‘Love and Information’ is avant garde
“Love and Information” is not your typical theater production. The audience picks the order of the 21 different scenes, and in the Seattle Pacific University Theater department’s version of the production, the audience texted in votes for what scene goes first.
Thus, every time the production meets a new audience, the scenes meet a new order.
“Love and Information” was written by Caryl Churchill and first performed at the Royal Court Theater in 2012. The show’s “playlets” — mini scenes that make up the seven different chapters of the show — and themes have been evolving ever since.
The show does not follow a linear plot like so many others. The different playlets each have their own story or hidden meaning to it, and they can be read in a variety of different ways.
Subjects of the playlets — which are also different for every production — range from teen pregnancy, to PTSD, to depression and even teen obsession with a pop-culture icon.
The theme each production explores can vary as well.
The theatre department’s theme is the interaction between humanity and technology, with the actors pulling out their phones often between scenes to explore what technology has done to how humanity connects to the world or the people in and how it gets and receives information, but that is just one interpretation.
With every production of “Love and Information,” wherever you see it, one thing remains consistent: it explores the interaction between whatever can be interpreted as love and whatever can be interpreted as information.

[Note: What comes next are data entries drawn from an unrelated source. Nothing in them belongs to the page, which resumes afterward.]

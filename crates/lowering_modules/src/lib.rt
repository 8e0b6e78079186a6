//! The lowered module of a linked program of the whole language: types by first use, functions, table, memory, globals, exports,
//! codes and segments. Its laws: it is valid, but for cells, and what a call through a type gives has result globals.
#![tactic(auto)]

ghost use Rattle.lowering_modules.specs.Laws.{CallsAreListed, LowModuleIsValid};

/// A law, of programs without cells: the lowered module of a typed program is valid, with any codes of the allocators that are typed.
pub fn modules_are_valid()
    ensures { LowModuleIsValid }
{}

/// A law: of each call through a type in the body of a function the type is listed in the lowered module, and there are result globals for
/// all words that it may give, also where no function of the program has such a type.
pub fn calls_are_listed()
    ensures { CallsAreListed }
{}
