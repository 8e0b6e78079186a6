//! Parts of instructions that are read from a Rich text (this project's own): arguments, the signatures of blocks, and every
//! instruction that holds no instructions. Each reads what the grammar says, or tells the first fault (`Reads` of `rw_parser`);
//! `specs/Signatures.antt` says how a signature stands before what is left of its list. Want of memory alone is free.
#![tactic(auto)]

mod arguments;
mod immediates;
mod plain;
mod signatures;

pub use arguments::read_arguments;
pub use immediates::read_indices;
pub use plain::{read_index_instruction, read_plain_instruction};
pub use signatures::{read_local_types, read_signature};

With only 10 actors and 100 different characters, actors will play many different characters, transforming from one person to the next within a matter of minutes.
The show itself is a feat to marvel at.
That said, an atypical production only appeals to an atypical crowd.

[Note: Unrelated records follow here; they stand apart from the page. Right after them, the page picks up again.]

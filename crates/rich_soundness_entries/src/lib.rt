//! Rows that enter a list beneath a binder, or with the content of a cell: what the list begins with is enough. Steps of a sound
//! program are safe at the row that enters a hidden location.
#![tactic(auto)]

ghost use Rattle.rich_soundness_entries.specs.Laws.{LocationRowsAreSafe};

/// A law: steps are safe at rows that enter a hidden location.
pub fn location_rows_are_safe()
    ensures { LocationRowsAreSafe }
{}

As interesting of an experience that it was, there was no time to process what the scene right before was trying to explore. Though it is clear that the meaning of scenes is supposed to be ambiguous, it gets to a point where the obscurity loses its charm.

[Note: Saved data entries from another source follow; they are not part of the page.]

// A decoder in the middle of its input, as a state that the next byte advances.
ghost use Rattle.std.specs.Prelude.{◌≡◌, ◌++◌, ◌∷◌, ◌+◌, ◌-◌, ◌<◌, ◌≤◌, ◌^◌, length, IsOk, List, [], ℕ, Some, None, Ok, Err, OnOk, IfOk, IfErr, ◌⊎◌};
ghost use Rattle.wasm_reading.specs.declared.fault.DecodeError.{DecodeError};
ghost use Rattle.wasm_items.specs.Residuals.{no_memory};

use crate::steps::{Step, advance, wants_a_byte};
use std::alloc::Global;
use std::mem;
use wasm_ast::{List, WModule};
use wasm_reading::{DecodeError, DecodeFault};

/// A decoder in the middle of its input: how far it came, the module so far, and the error that it answered.
#[derive(Drop)]
pub struct DecoderState {
    alloc: Global,
    at: u64,
    last: u8,
    built: WModule,
    step: Step,
    failed: Option<DecodeError>,
}

impl DecoderState {
    ghost use Rattle.wasm_decode.specs.CustomSections.{LiesInCustomSection};
    ghost use Rattle.wasm_decode.specs.Decoding.{answer_of, at_of, built_of, custom_left_of, error_of, Resumes, StandsBehind};

    /// Nothing was fed.
    pub fn new(alloc: Global) -> DecoderState
        ensures starts { Resumes result [] }
        ensures whole { error_of result ≡ None }
        ensures counted { at_of result ≡ 0 }
        ensures stands { StandsBehind result [] }
    {
        DecoderState {
            alloc,
            at: 0,
            last: 0,
            built: WModule {
                types: List::new(alloc),
                imports: List::new(alloc),
                funcs: List::new(alloc),
                tables: List::new(alloc),
                memories: List::new(alloc),
                globals: List::new(alloc),
                exports: List::new(alloc),
                start: None,
                elements: List::new(alloc),
                codes: List::new(alloc),
                segments: List::new(alloc),
            },
            step: Step::Preamble(0),
            failed: None,
        }
    }

    /// The error that was answered, if there was one.
    pub fn error(&self) -> Option<DecodeError>
        ensures { result ≡ error_of self.now }
    {
        self.failed
    }

    /// Takes the next piece of the input, where no error was answered.
    pub fn take(&mut self, piece: &[u8]) -> Result<(), DecodeError>
        requires { error_of self.old ≡ None }
        ensures ok { OnOk result ((rest : List ℕ) → answer_of self.new rest ≡ answer_of self.old (piece.now ++ rest)) }
        ensures whole { OnOk result (error_of self.new ≡ None) }
        ensures err { IfErr result (λ e. (e ≡ no_memory) ⊎ ((rest : List ℕ) → answer_of self.old (piece.now ++ rest) ≡ Err e)) }
        ensures counted { OnOk result (at_of self.new ≡ at_of self.old + length piece.now) }
        ensures kept { IfErr result (λ e. error_of self.new ≡ Some e) }
        ensures left { OnOk result (length piece.now ≤ custom_left_of self.old → custom_left_of self.new ≡ custom_left_of self.old - length piece.now) }
        ensures custom { length piece.now ≤ custom_left_of self.old → at_of self.old + length piece.now < 2 ^ 64 → IsOk result }
        ensures stands { OnOk result ((fed : List ℕ) → StandsBehind self.old fed → StandsBehind self.new (fed ++ piece.now)) }
        ensures in_custom { (fed : List ℕ) → StandsBehind self.old fed → LiesInCustomSection fed piece.now → length fed + length piece.now < 2 ^ 64 → IsOk result }
    {
        for byte in piece {
            self.push(*byte)?;
        }
        Ok(())
    }

    /// Takes a byte.
    fn push(&mut self, byte: u8) -> Result<(), DecodeError>
        requires { error_of self.old ≡ None }
        ensures ok { OnOk result ((rest : List ℕ) → answer_of self.new rest ≡ answer_of self.old (byte ∷ rest)) }
        ensures whole { OnOk result (error_of self.new ≡ None) }
        ensures err { IfErr result (λ e. (e ≡ no_memory) ⊎ ((rest : List ℕ) → answer_of self.old (byte ∷ rest) ≡ Err e)) }
        ensures kept { IfErr result (λ e. error_of self.new ≡ Some e) }
        ensures counted { OnOk result (at_of self.new ≡ at_of self.old + 1) }
        ensures custom { 0 < custom_left_of self.old → at_of self.old + 1 < 2 ^ 64 → IsOk result }
        ensures left { OnOk result (0 < custom_left_of self.old → custom_left_of self.new ≡ custom_left_of self.old - 1) }
        ensures stands { OnOk result ((fed : List ℕ) → StandsBehind self.old fed → StandsBehind self.new (fed ++ byte ∷ [])) }
        ensures in_custom { (fed : List ℕ) → StandsBehind self.old fed → LiesInCustomSection fed (byte ∷ []) → at_of self.old + 1 < 2 ^ 64 → IsOk result }
    {
        if self.at == u64::MAX {
            return self.fail(DecodeError {
                at: 0,
                fault: DecodeFault::Memory,
            });
        }
        let step = mem::replace(&mut self.step, Step::Between);
        match advance(
            self.alloc,
            step,
            &mut self.last,
            &mut self.built,
            byte,
            self.at,
        ) {
            Ok(step) => {
                self.set(step);
                Ok(())
            }
            Err(e) => self.fail(e),
        }
    }

    /// The byte was taken, and this is read next.
    fn set(&mut self, step: Step)
        requires { at_of self.old + 1 < 2 ^ 64 }
        ensures { self.new ≡ record self.old { at = at_of self.old + 1; step = step } }
    {
        self.step = step;
        self.at += 1;
    }

    fn fail(&mut self, e: DecodeError) -> Result<(), DecodeError>
        ensures result { result ≡ Err e }
        ensures kept { error_of self.new ≡ Some e }
    {
        self.failed = Some(e);
        Err(e)
    }

    /// The module that the input spells, or its first fault, or the error that was answered.
    pub fn finish(self) -> Result<WModule, DecodeError>
        ensures ok { IfOk result (λ m. answer_of self [] ≡ Ok m) }
        ensures err { IfErr result (λ e. answer_of self [] ≡ Err e) }
        ensures again { (e : DecodeError) → error_of self ≡ Some e → result ≡ Err e }
    {
        let ending = self.ending();
        ended(self.into_module(), ending)
    }

    /// The module so far.
    fn into_module(self) -> WModule
        ensures { result ≡ built_of self }
    {
        self.built
    }

    /// Whether the input may end here, where it has as many codes as functions.
    fn ending(&self) -> Result<(), DecodeError>
        ensures ok { OnOk result (answer_of self.now [] ≡ Ok (built_of self.now)) }
        ensures err { IfErr result (λ e. answer_of self.now [] ≡ Err e) }
        ensures again { (e : DecodeError) → error_of self.now ≡ Some e → result ≡ Err e }
    {
        match self.failed {
            Some(e) => Err(e),
            None => self.complete(),
        }
    }

    /// The same where no error was answered.
    fn complete(&self) -> Result<(), DecodeError>
        requires { error_of self.now ≡ None }
        ensures ok { OnOk result (answer_of self.now [] ≡ Ok (built_of self.now)) }
        ensures err { IfErr result (λ e. answer_of self.now [] ≡ Err e) }
    {
        if wants_a_byte(&self.step) {
            return Err(DecodeError {
                at: self.at,
                fault: DecodeFault::Truncated,
            });
        }
        if self.built.codes.len() != self.built.funcs.len() {
            return Err(DecodeError {
                at: self.at,
                fault: DecodeFault::CountMismatch,
            });
        }
        Ok(())
    }
}

/// A module, or why there is none.
fn ended(built: WModule, ending: Result<(), DecodeError>) -> Result<WModule, DecodeError>
    ensures ok { IfOk result (λ m. m ≡ built) }
    ensures whole { OnOk result (ending ≡ Ok tt) }
    ensures err { IfErr result (λ e. ending ≡ Err e) }
{
    match ending {
        Ok(()) => Ok(built),
        Err(e) => Err(e),
    }
}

Given the variety of characters the actors had to juggle, the acting was impressive, though the fake makeout which could have also been interpreted as a sex scene —the lack of actual kissing made it unclear — was slightly awkward on an SPU stage.
The nature of the production causes it to be confusing and slightly unapproachable. It feels as though everything is shrouded in a little bit of mystery, which can be a good or bad thing.
Unless you are a theater major or a junky for avant-garde theater, the SPU Theater Department’s “Love and Information” might not be the production for you.
Yet because every production is different every time, how one encounters it may be completely different then how another would.
The only way to know is to go see it for yourself.
Performances of Love and Information will continue on Nov. 15-17 at 7:30 p.m. with a matinee performance on Nov. 17 at 1:00 p.m.